General:Corpus Creation Instructions


These are instructions for creating a corpus to use with Voyant and Mandala.

1. Create a new folder in which to put your collection, and give it a meaningful name. Although Voyant does not require it, make sure there are no spaces in the name if you want this collection to work with Mandala as well.

2. Assemble a collection of between one and six related works, e.g. texts by the same author, or ones that are thematically, generically, or chronologically related. (In the case of short works such as poems a larger collection would be acceptable.) Voyant accepts files in plain text (.txt), HTML (.html), XML (.xml), MS Word (.doc, .docx), RTF (.rtf), or PDF (.pdf). Mandala only accepts files in XML (.xml) and plain text (.txt), so if you want to use your collection to be useful with both Voyant and Mandala, you should restrict yourself to these two formats. XML files allow for some added functionality in comparison to plan text, but they can be difficult to find, and some will be provided to you at the workshop. Plain text (.txt) is the safest and easiest option, and it is fine if all your texts are in this format. Good sources for files are Project Gutenberg, available at or Internet Archive, available at (To access all file formats on Internet Archive, click: All Files: HTTP.) To download a plain text (.txt) file, click on its link and then select one of the following menu options, depending on the browser you are using:

  • Internet Explorer: “File > Save As” or “Page > Save As”
  • Firefox or Chrome: “File > Save Page As”
  • Safari: “File > Save”
  • Opera: “Menu > Page > Save as” or “File > Save As”

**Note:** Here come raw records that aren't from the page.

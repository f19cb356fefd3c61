//! What is wrong with a text that is no form, and why a form can't have a value.

ghost use Rattle.std.specs.Prelude.{◌≡◌};
ghost use Rattle.spec_form.specs.Reading.{whole_fault};
ghost use Rattle.spec_form.specs.declared.fault.FormFaultKind.TheVariants.{Memory};
ghost use Rattle.spec_form.specs.declared.fault.ValueFault.TheVariants as values;

use std::alloc::{AllocError, AllocFailed};

/// What is wrong with a text that is no form, or with one of its lines.
#[derive(Clone, Copy, PartialEq, Eq)]
pub enum FormFaultKind {
    /// The line begins no field and goes on with none.
    NoField,
    /// The line begins a field that forms of this shape don't have.
    UnknownField,
    /// The line begins a field that was there before.
    Twice,
    /// A field is absent that each form of this shape has.
    Missing,
    /// The text isn't UTF-8.
    NotUtf8,
    /// There is no memory for the form.
    Memory,
}

/// Why a text is no form: what is wrong, and in which line.
#[derive(Clone, Copy, PartialEq, Eq)]
pub struct FormFault {
    /// What is wrong.
    pub what: FormFaultKind,
    /// In which line, counted from 1; 0 where it is no single line that is wrong.
    pub line: usize,
}

impl FormFault {
    /// A fault of no single line.
    pub fn whole(what: FormFaultKind) -> Self
        ensures { result ≡ whole_fault what }
    {
        FormFault { what, line: 0 }
    }
}

impl From<AllocError> for FormFaultKind {
    ghost from_gives = { λ _ kind. kind ≡ Memory };

    fn from(_error: AllocError) -> Self {
        FormFaultKind::Memory
    }
}

impl<T: Drop> From<AllocFailed<T>> for FormFaultKind {
    ghost from_gives = { λ _ kind. kind ≡ Memory };

    fn from(_error: AllocFailed<T>) -> Self {
        FormFaultKind::Memory
    }
}

/// Why a form can't have a value in one of its fields.
#[derive(Clone, Copy, PartialEq, Eq)]
pub enum ValueFault {
    /// The form has no single field of this name.
    NoSingleField,
    /// No single field may have this value: it isn't one line of UTF-8 that begins with no blank.
    NotAValue,
    /// There is no memory for the form.
    Memory,
}

impl From<AllocError> for ValueFault {
    ghost from_gives = { λ _ fault. fault ≡ values.Memory };

    fn from(_error: AllocError) -> Self {
        ValueFault::Memory
    }
}
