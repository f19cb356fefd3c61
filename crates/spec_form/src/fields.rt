//! The fields of a form: the lines of each by its name.

ghost use Rattle.std.specs.Prelude.{◌≡◌, false, [], ◌∷◌, ◌++◌, length, map, reverse, IfOk, OnOk};
ghost use Rattle.depot_path.specs.Answers.{Answers, on_ok};
ghost use Rattle.spec_form.specs.Form.{has_field, lines_in, with_value};
ghost use Rattle.spec_form.specs.Fields.{added, first_kind, lengthened, seen_fields};

use crate::fault::FormFaultKind;
use crate::form::Field;
use crate::reader::value_lines;
use crate::shape::{FieldKind, Shape};
use depot_path::{Sequence, Text};
use indexmap::IndexMap;
use std::alloc::{AllocError, Global};
use std::marker::Model;

/// The fields of a form, in the order in which they were first seen. No two have one name.
#[derive(Drop)]
pub struct Fields {
    by_name: IndexMap<Vec<u8>, Sequence<Text>>,
}

impl Model for Fields {
    ghost use Rattle.std.specs.Prelude.{List};
    ghost use Rattle.spec_form.specs.declared.form.Field.{Field};

    ghost Value = { List Field };

    ghost use Rattle.spec_form.specs.Fields.{seen_fields};

    ghost view = { λ fields. seen_fields fields.by_name.entries };
}

impl Fields {
    /// No fields, which take no memory.
    pub(crate) fn new(alloc: Global) -> Self
        ensures { result ≡ [] }
    {
        Fields {
            by_name: IndexMap::new(alloc),
        }
    }

    /// How many fields there are.
    pub fn len(&self) -> usize
        ensures { result ≡ length self.now }
    {
        self.by_name.len()
    }

    /// The lines of each field by its name, in the order in which the fields were first seen.
    pub fn by_name(&self) -> &IndexMap<Vec<u8>, Sequence<Text>>
        ensures { seen_fields result.now.entries ≡ self.now }
    {
        &self.by_name
    }

    /// Whether there is a field of this name.
    pub(crate) fn has(&self, name: &[u8]) -> bool
        ensures { result ≡ has_field name.now self.now }
    {
        self.by_name.contains_key(name)
    }

    /// The lines of a field, none where it is absent.
    pub(crate) fn lines(&self, name: &[u8]) -> &[Text]
        ensures { result.now ≡ lines_in self.now name.now }
    {
        match self.by_name.get(name) {
            Some(lines) => lines.as_slice(),
            None => &[],
        }
    }

    /// The kind that the last field has in forms of a shape.
    pub(crate) fn last_kind(&self, shape: Shape) -> Option<FieldKind>
        ensures { result ≡ first_kind shape (reverse self.now) }
    {
        let (name, _) = self.by_name.last()?;
        shape.kind(name)
    }

    /// Adds a field behind the others, of which none has its name.
    fn push(&mut self, field: Field) -> Result<(), AllocError>
        requires { has_field field.name self.old ≡ false }
        ensures { OnOk result (self.new ≡ self.old ++ field ∷ []) }
    {
        let Field { name, lines } = field;
        self.by_name.insert(name.into_vec(), lines)?;
        Ok(())
    }

    /// Adds a field behind the others, if none of them has its name.
    pub(crate) fn add(&mut self, field: Field) -> Result<(), FormFaultKind>
        ensures { Answers FormFaultKind.Memory (on_ok (λ _. self.new) result) (added self.old field) }
    {
        if self.has(field.name.as_bytes()) {
            return Err(FormFaultKind::Twice);
        }
        self.push(field)?;
        Ok(())
    }

    /// Adds a line to the last field.
    pub(crate) fn add_line(&mut self, line: Text) -> Result<(), AllocError>
        ensures { OnOk result (reverse self.new ≡ lengthened line (reverse self.old)) }
    {
        if let Some(lines) = self.by_name.last_mut() {
            lines.push(line)?;
        }
        Ok(())
    }

    /// A copy of the fields, with a value in place of the lines of the field that has the name.
    pub(crate) fn with(&self, alloc: Global, name: &[u8], value: &[u8]) -> Result<Self, AllocError>
        ensures { IfOk result (λ copy. copy ≡ map (with_value name.now value.now) self.now) }
    {
        let mut copy = Fields::new(alloc);
        for (key, lines) in &self.by_name {
            copy.push(copy_field(alloc, key, lines.as_slice(), name, value)?)?;
        }
        Ok(copy)
    }
}

fn copy_lines(alloc: Global, lines: &[Text]) -> Result<Sequence<Text>, AllocError>
    ensures { IfOk result (λ copy. copy ≡ lines.now) }
{
    let mut copy = Sequence::new(alloc);
    for line in lines {
        copy.push(Text::from_bytes(alloc, line.as_bytes())?)?;
    }
    Ok(copy)
}

/// A copy of a field, with a value in place of its lines if it has the name.
fn copy_field(
    alloc: Global,
    key: &[u8],
    lines: &[Text],
    name: &[u8],
    value: &[u8],
) -> Result<Field, AllocError>
    ensures { IfOk result (λ copy. copy ≡ with_value name.now value.now (record { name = key.now; lines = lines.now })) }
{
    let lines = if key == name {
        value_lines(alloc, value)?
    } else {
        copy_lines(alloc, lines)?
    };
    Ok(Field {
        name: Text::from_bytes(alloc, key)?,
        lines,
    })
}
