//! Printing forms.

ghost use Rattle.std.specs.Prelude.{◌≡◌, ◌++◌, IfOk, OnOk};
ghost use Rattle.std.specs.List.{flat_map};
ghost use Rattle.spec_form.specs.Printing.{printed, printed_as, printed_field, tabbed, tabbed_line};

use crate::fields::Fields;
use crate::shape::{FieldKind, Shape};
use depot_path::Text;
use std::alloc::{AllocError, Global};

fn put_value(out: &mut Text, lines: &[Text]) -> Result<(), AllocError>
    ensures { OnOk result (out.new ≡ out.old ++ flat_map tabbed lines.now) }
{
    for line in lines {
        out.append(b"\t")?;
        out.append(line.as_bytes())?;
    }
    Ok(())
}

fn put_lines(out: &mut Text, lines: &[Text]) -> Result<(), AllocError>
    ensures { OnOk result (out.new ≡ out.old ++ flat_map tabbed_line lines.now) }
{
    for line in lines {
        out.append(b"\t")?;
        out.append(line.as_bytes())?;
        out.append(b"\n")?;
    }
    Ok(())
}

fn put_as(
    out: &mut Text,
    name: &[u8],
    lines: &[Text],
    kind: Option<FieldKind>,
) -> Result<(), AllocError>
    ensures { OnOk result (out.new ≡ out.old ++ printed_as kind (record { name = name.now; lines = lines.now })) }
{
    match kind {
        None => Ok(()),
        Some(FieldKind::Single) => {
            out.append(name)?;
            out.append(b":")?;
            put_value(out, lines)?;
            out.append(b"\n\n")
        }
        Some(FieldKind::Lines) => {
            out.append(name)?;
            out.append(b":\n")?;
            put_lines(out, lines)?;
            out.append(b"\n")
        }
    }
}

fn put_field(out: &mut Text, shape: Shape, name: &[u8], lines: &[Text]) -> Result<(), AllocError>
    ensures { OnOk result (out.new ≡ out.old ++ printed_field shape (record { name = name.now; lines = lines.now })) }
{
    put_as(out, name, lines, shape.kind(name))
}

/// The text of a form of this shape with these fields.
pub fn print_fields(alloc: Global, shape: Shape, fields: &Fields) -> Result<Text, AllocError>
    ensures { IfOk result (λ text. text ≡ printed shape fields.now) }
{
    let mut out = Text::new(alloc);
    for (name, lines) in fields.by_name() {
        put_field(&mut out, shape, name, lines.as_slice())?;
    }
    Ok(out)
}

(XML files can usually be downloaded in the same way shown above for text files. Alternatively, clicking on them sometimes opens a dialog box asking whether you want to save the file to your computer; if that is the case, then save the file. Don't worry if you cannot find appropriate XML files - they will be provided at the workshop. However, if you have your own XML files that you wish to work on, then by all means feel free to bring them along.)

3. Put all the files you collected into the folder you created.

4. Open each file and delete headers and footers that contain metadata about the file, if they are present. The headers and footers contain supplementary material that you will likely not want to analyze; they are located before and after the beginning and end of the actual work, and are typically well marked with asterisks and/or a statement to the effect that the work is beginning or ending.

5. Rename each file in the following way: Date-Title-Author.txt. This will allow you to view your texts historically in Voyant. Make sure there are no spaces in the names if you want this collection to work with Mandala as well.

6. Zip the folder containing your files. To zip a folder using Windows XP or later, right-click on it and select “Send to > Compressed (Zipped) folder.” To zip a folder using Mac OS X 10.5 Leopard or later, right-click on it (or control-click on it if you only have one mouse button) and then select “Compress” from the menu that appears. If you have problems zipping the folder, bring your unzipped folder to the workshop and workshop staff will be happy to assist you.